## Data shown
—————

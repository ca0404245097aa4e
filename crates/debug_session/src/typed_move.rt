//! What a move that is typed answers.
ghost use Rattle.std.specs.Prelude.{◌≡◌, ◌≢◌, ◌+◌, ◌++◌, None, codes, decimal, IfOk, OnOk};
ghost use Rattle.table_run.specs.State.{due};
ghost use Rattle.std.specs.List.{concat};
ghost use Rattle.debugger.specs.Moves.{HasPosition};
ghost use Rattle.debugger.specs.Passed.{texts_between};
ghost use Rattle.debug_session.specs.Answers.{session_state};
ghost use Rattle.debug_session.specs.Reported.{passed_count, shown_stretch, reported_hit, reported_origin, AddsPlace, AddsMove};
ghost use Rattle.debug_session.specs.TypedMoves.{present_time, named_origin, lowest, passed, more_line, last_ten, idle_line, passed_lines, end_words, place_line, hit_line, next_text, known_line, where_text, last_lines};

use breakpoints::Hit;
use debugger::{Debugger, LastEvent, LineOrder, MoveFault, Stretch};
use flow_waits::ScenarioNames;
use prompt_words::{
    Extent, Naming, Report, append_counted, append_number, append_numbered, append_part,
};
use sim_time::Time;
use std::alloc::AllocError;

/// The most lines that a move shows.
const MOST_SHOWN: u64 = 10;

/// The position behind which the lines of a move backwards begin. Past a bound a breakpoint is told, and
/// then its line is among them.
fn lowest(bound: u64, to: u64) -> u64
    ensures { result ≡ lowest bound to }
{
    if bound < to { to - 1 } else { to }
}

/// The lines that a move from one position to another shows, where those of one backwards begin behind
/// a lowest position.
fn shown_stretch(from: u64, low: u64, to: u64) -> Stretch
    ensures { result ≡ shown_stretch from low to }
{
    if from < to {
        let count = (to - from).min(MOST_SHOWN);
        Stretch {
            from: to - count,
            count,
            order: LineOrder::Rising,
        }
    } else {
        Stretch {
            from: low,
            count: from.saturating_sub(low).min(MOST_SHOWN),
            order: LineOrder::Falling,
        }
    }
}

/// How many lines a move has.
fn passed_count(from: u64, low: u64, to: u64) -> u64
    ensures { result ≡ passed_count from low to }
{
    if from < to {
        to - from
    } else {
        from.saturating_sub(low)
    }
}

// Appends how many lines there are beside ten.
fn append_more(out: &mut Vec<u8>, count: u64) -> Result<(), MoveFault>
    ensures { OnOk result (out.new.items ≡ out.old.items ++ more_line count) }
{
    if MOST_SHOWN < count {
        out.extend_from_slice(b".. ")?;
        append_number(out, count - MOST_SHOWN)?;
        out.extend_from_slice(b" more\n")?;
        Ok(())
    } else {
        Ok(())
    }
}

/// Appends the last ten lines of a move from a position, and before them how many more there are.
#[tactic(none)]
fn append_passed(
    out: &mut Vec<u8>,
    debugger: &mut Debugger,
    from: u64,
    bound: u64,
) -> Result<(), MoveFault>
    requires { HasPosition debugger.old.start from }
    ensures ok { OnOk result (out.new.items ≡ out.old.items ++ last_ten (passed debugger.old.start from bound debugger.old.shown.position)) }
    ensures same { debugger.new ≡ debugger.old }
{
    let to = debugger.position();
    let low = lowest(bound, to);
    let stretch = shown_stretch(from, low, to);
    match append_more(out, passed_count(from, low, to)) {
        Ok(()) => debugger.append_lines(&stretch, out),
        Err(fault) => Err(fault),
    }
}

// Appends that nothing was done.
fn append_nothing(out: &mut Vec<u8>, time: u64) -> Result<(), MoveFault>
    ensures { OnOk result (out.new.items ≡ out.old.items ++ (codes "nothing was done: no event before " ++ (decimal time ++ codes " ns is left\n"))) }
{
    append_counted(
        out,
        b"nothing was done: no event before ",
        time,
        b" ns is left\n",
    )?;
    Ok(())
}

/// Appends that `until` did nothing, where it did not.
fn append_idle(out: &mut Vec<u8>, until: Option<u64>, from: u64, to: u64) -> Result<(), MoveFault>
    ensures { OnOk result (out.new.items ≡ out.old.items ++ idle_line until from to) }
{
    match until {
        None => Ok(()),
        Some(time) => {
            if from == to {
                append_nothing(out, time)
            } else {
                Ok(())
            }
        }
    }
}

/// Appends what a move from a position passed.
#[tactic(none)]
fn append_lines(
    out: &mut Vec<u8>,
    debugger: &mut Debugger,
    from: u64,
    report: Report,
) -> Result<(), MoveFault>
    requires { HasPosition debugger.old.start from }
    ensures ok { OnOk result (out.new.items ≡ out.old.items ++ passed_lines debugger.old.start from report debugger.old.shown.position) }
    ensures same { debugger.new ≡ debugger.old }
{
    let to = debugger.position();
    match append_idle(out, report.until, from, to) {
        Ok(()) => append_passed(out, debugger, from, report.bound),
        Err(fault) => Err(fault),
    }
}

// The words behind the moment of an event: whether the run ends or begins at a position.
fn end_words(position: u64, at_end: bool) -> &'static [u8]
    ensures { result.now ≡ end_words position at_end }
{
    if at_end {
        b" ns, the end\n"
    } else if position == 0 {
        b" ns, the beginning\n"
    } else {
        b" ns\n"
    }
}

// Appends a position, the moment of the event before it, and whether the run ends or begins there.
fn append_place(out: &mut Vec<u8>, position: u64, time: u64, at_end: bool) -> Result<(), MoveFault>
    ensures { OnOk result (out.new.items ≡ out.old.items ++ place_line position time at_end) }
{
    append_counted(out, b"at ", position, b" of the run, time ")?;
    append_counted(out, b"", time, end_words(position, at_end))?;
    Ok(())
}

// Appends the line of a breakpoint, where one matches.
fn append_hit(out: &mut Vec<u8>, naming: &Naming, hit: Option<Hit>) -> Result<(), MoveFault>
    ensures { OnOk result (out.new.items ≡ out.old.items ++ hit_line naming.now hit) }
{
    match hit {
        Some(hit) => {
            append_numbered(out, naming, b"break ", hit.number, hit.breakpoint, hit.was)?;
            Ok(())
        }
        None => Ok(()),
    }
}

/// The breakpoint that is told at a position: none up to a bound, which is where the move began
/// unless a breakpoint stops it backwards too.
fn reported_hit(bound: u64, position: u64, hit: Option<Hit>) -> Option<Hit>
    ensures { result ≡ reported_hit bound position hit }
{
    if bound < position { hit } else { None }
}

// Appends the node of an event, and its flow, or the link that becomes free.
fn append_origin(
    out: &mut Vec<u8>,
    names: &ScenarioNames,
    event: LastEvent,
) -> Result<(), AllocError>
    ensures { OnOk result (out.new.items ≡ out.old.items ++ named_origin names.now event.node event.flow event.link) }
{
    out.extend_from_slice(b"of node ")?;
    names.nodes.append_name(event.node, out)?;
    append_part(out, b", flow ", &names.flows, event.flow)?;
    append_part(out, b", link ", &names.links, event.link)?;
    out.extend_from_slice(b"\n")
}

// Appends where the last event comes from, past a bound and where the parts have names.
fn append_named_origin(
    out: &mut Vec<u8>,
    naming: &Naming,
    bound: u64,
    position: u64,
    event: LastEvent,
) -> Result<(), AllocError>
    ensures { OnOk result (out.new.items ≡ out.old.items ++ reported_origin naming.now bound position event) }
{
    if bound < position && !naming.names.nodes.is_empty() {
        append_origin(out, &naming.names, event)
    } else {
        Ok(())
    }
}

/// Appends a position with the event before it, and past a bound where that event comes from and the breakpoint that
/// matches there.
fn append_event(
    out: &mut Vec<u8>,
    naming: &Naming,
    bound: u64,
    position: u64,
    event: LastEvent,
    at_end: bool,
) -> Result<(), MoveFault>
    ensures { OnOk result (out.new.items ≡ out.old.items ++ (reported_origin naming.now bound position event ++ (place_line position event.time at_end ++ hit_line naming.now (reported_hit bound position event.hit)))) }
{
    append_named_origin(out, naming, bound, position, event)?;
    append_place(out, position, event.time, at_end)?;
    append_hit(out, naming, reported_hit(bound, position, event.hit))
}

/// Appends where a session stands, and past a bound the breakpoint that matches there.
#[tactic(none)]
fn append_where(
    out: &mut Vec<u8>,
    debugger: &mut Debugger,
    naming: &Naming,
    bound: u64,
) -> Result<(), MoveFault>
    ensures ok { OnOk result (AddsPlace naming.now debugger.old.start bound (session_state debugger.old) out.old.items out.new.items) }
    ensures same { debugger.new ≡ debugger.old }
{
    let at_end = debugger.is_at_end();
    let position = debugger.position();
    if position == 0 {
        append_place(out, 0, 0, at_end)
    } else {
        match debugger.last_event() {
            Ok(event) => append_event(out, naming, bound, position, event, at_end),
            Err(fault) => Err(fault),
        }
    }
}

/// The moment of the last event; before the first event it is 0.
#[tactic(none)]
pub(crate) fn present_time(debugger: &mut Debugger) -> Result<Time, MoveFault>
    ensures ok { IfOk result (λ time. time ≡ present_time debugger.old.start debugger.old.shown.position) }
    ensures same { debugger.new ≡ debugger.old }
{
    if debugger.position() == 0 {
        Ok(0)
    } else {
        match debugger.last_event() {
            Ok(event) => Ok(event.time),
            Err(fault) => Err(fault),
        }
    }
}

/// Appends what a move from a position answers.
#[tactic(none)]
pub(crate) fn append_move(
    out: &mut Vec<u8>,
    debugger: &mut Debugger,
    naming: &Naming,
    from: u64,
    report: Report,
) -> Result<(), MoveFault>
    requires { HasPosition debugger.old.start from }
    ensures ok { OnOk result (AddsMove naming.now debugger.old.start from report (session_state debugger.old) out.old.items out.new.items) }
    ensures same { debugger.new ≡ debugger.old }
{
    match append_lines(out, debugger, from, report) {
        Ok(()) => append_where(out, debugger, naming, report.bound),
        Err(fault) => Err(fault),
    }
}

// Appends the line that the next event gives, which is run on a copy.
#[tactic(none)]
fn append_due(out: &mut Vec<u8>, debugger: &mut Debugger) -> Result<(), MoveFault>
    requires { due debugger.old.shown.state ≢ None }
    ensures ok { OnOk result (out.new.items ≡ out.old.items ++ concat (texts_between debugger.old.start debugger.old.shown.position (debugger.old.shown.position + 1))) }
    ensures same { debugger.new ≡ debugger.old }
{
    let stretch = Stretch {
        from: debugger.position(),
        count: 1,
        order: LineOrder::Rising,
    };
    debugger.append_lines(&stretch, out)
}

// Appends a short text.
fn append_text(out: &mut Vec<u8>, text: &[u8]) -> Result<(), MoveFault>
    ensures { OnOk result (out.new.items ≡ out.old.items ++ text.now) }
{
    out.extend_from_slice(text)?;
    Ok(())
}

/// Appends the line that the next event gives, or that none is due.
#[tactic(none)]
fn append_next(out: &mut Vec<u8>, debugger: &mut Debugger) -> Result<(), MoveFault>
    ensures ok { OnOk result (out.new.items ≡ out.old.items ++ next_text debugger.old.start debugger.old.shown) }
    ensures same { debugger.new ≡ debugger.old }
{
    if debugger.is_at_end() {
        append_text(out, b"next: none\n")
    } else {
        match append_text(out, b"next: ") {
            Ok(()) => append_due(out, debugger),
            Err(fault) => Err(fault),
        }
    }
}

/// Appends how far the run is known to go.
fn append_known(out: &mut Vec<u8>, known: Extent) -> Result<(), MoveFault>
    ensures { OnOk result (out.new.items ≡ out.old.items ++ known_line known) }
{
    let words = if known.ends {
        b"known to end at ".as_slice()
    } else {
        b"known to go to ".as_slice()
    };
    out.extend_from_slice(words)?;
    append_number(out, known.upto)?;
    out.extend_from_slice(b"\n")?;
    Ok(())
}

/// Appends what is to come: the next event, and how far the run is known to go.
#[tactic(none)]
fn append_ahead(out: &mut Vec<u8>, debugger: &mut Debugger, known: Extent) -> Result<(), MoveFault>
    ensures ok { OnOk result (out.new.items ≡ out.old.items ++ (next_text debugger.old.start debugger.old.shown ++ known_line known)) }
    ensures same { debugger.new ≡ debugger.old }
{
    match append_next(out, debugger) {
        Ok(()) => append_known(out, known),
        Err(fault) => Err(fault),
    }
}

/// Appends what `where` answers.
#[tactic(none)]
pub(crate) fn append_whereabouts(
    out: &mut Vec<u8>,
    debugger: &mut Debugger,
    naming: &Naming,
    known: Extent,
) -> Result<(), MoveFault>
    ensures ok { OnOk result (out.new.items ≡ out.old.items ++ where_text debugger.old.start debugger.old.shown known) }
    ensures same { debugger.new ≡ debugger.old }
{
    let here = debugger.position();
    match append_where(out, debugger, naming, here) {
        Ok(()) => append_ahead(out, debugger, known),
        Err(fault) => Err(fault),
    }
}

/// Appends the last so many lines of the trace.
#[tactic(none)]
pub(crate) fn append_last(
    out: &mut Vec<u8>,
    debugger: &mut Debugger,
    count: u64,
) -> Result<(), MoveFault>
    ensures ok { OnOk result (out.new.items ≡ out.old.items ++ last_lines debugger.old.start debugger.old.shown.position count) }
    ensures same { debugger.new ≡ debugger.old }
{
    let position = debugger.position();
    let from = position.saturating_sub(count);
    let stretch = Stretch {
        from,
        count: position - from,
        order: LineOrder::Rising,
    };
    debugger.append_lines(&stretch, out)
}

—————

## What needs to be done
Search the material above for "that". Pull out each line where it shows up.

## Your response
//! What a move that is typed answers.
/// The most lines that a move shows.
/// The lines that a move from one position to another shows, where those of one backwards begin behind
// Appends that nothing was done.
/// Appends that `until` did nothing, where it did not.
/// The breakpoint that is told at a position: none up to a bound, which is where the move began
// Appends the node of an event, and its flow, or the link that becomes free.
/// Appends a position with the event before it, and past a bound where that event comes from and the breakpoint that
/// Appends where a session stands, and past a bound the breakpoint that matches there.
// Appends the line that the next event gives, which is run on a copy.
/// Appends the line that the next event gives, or that none is due.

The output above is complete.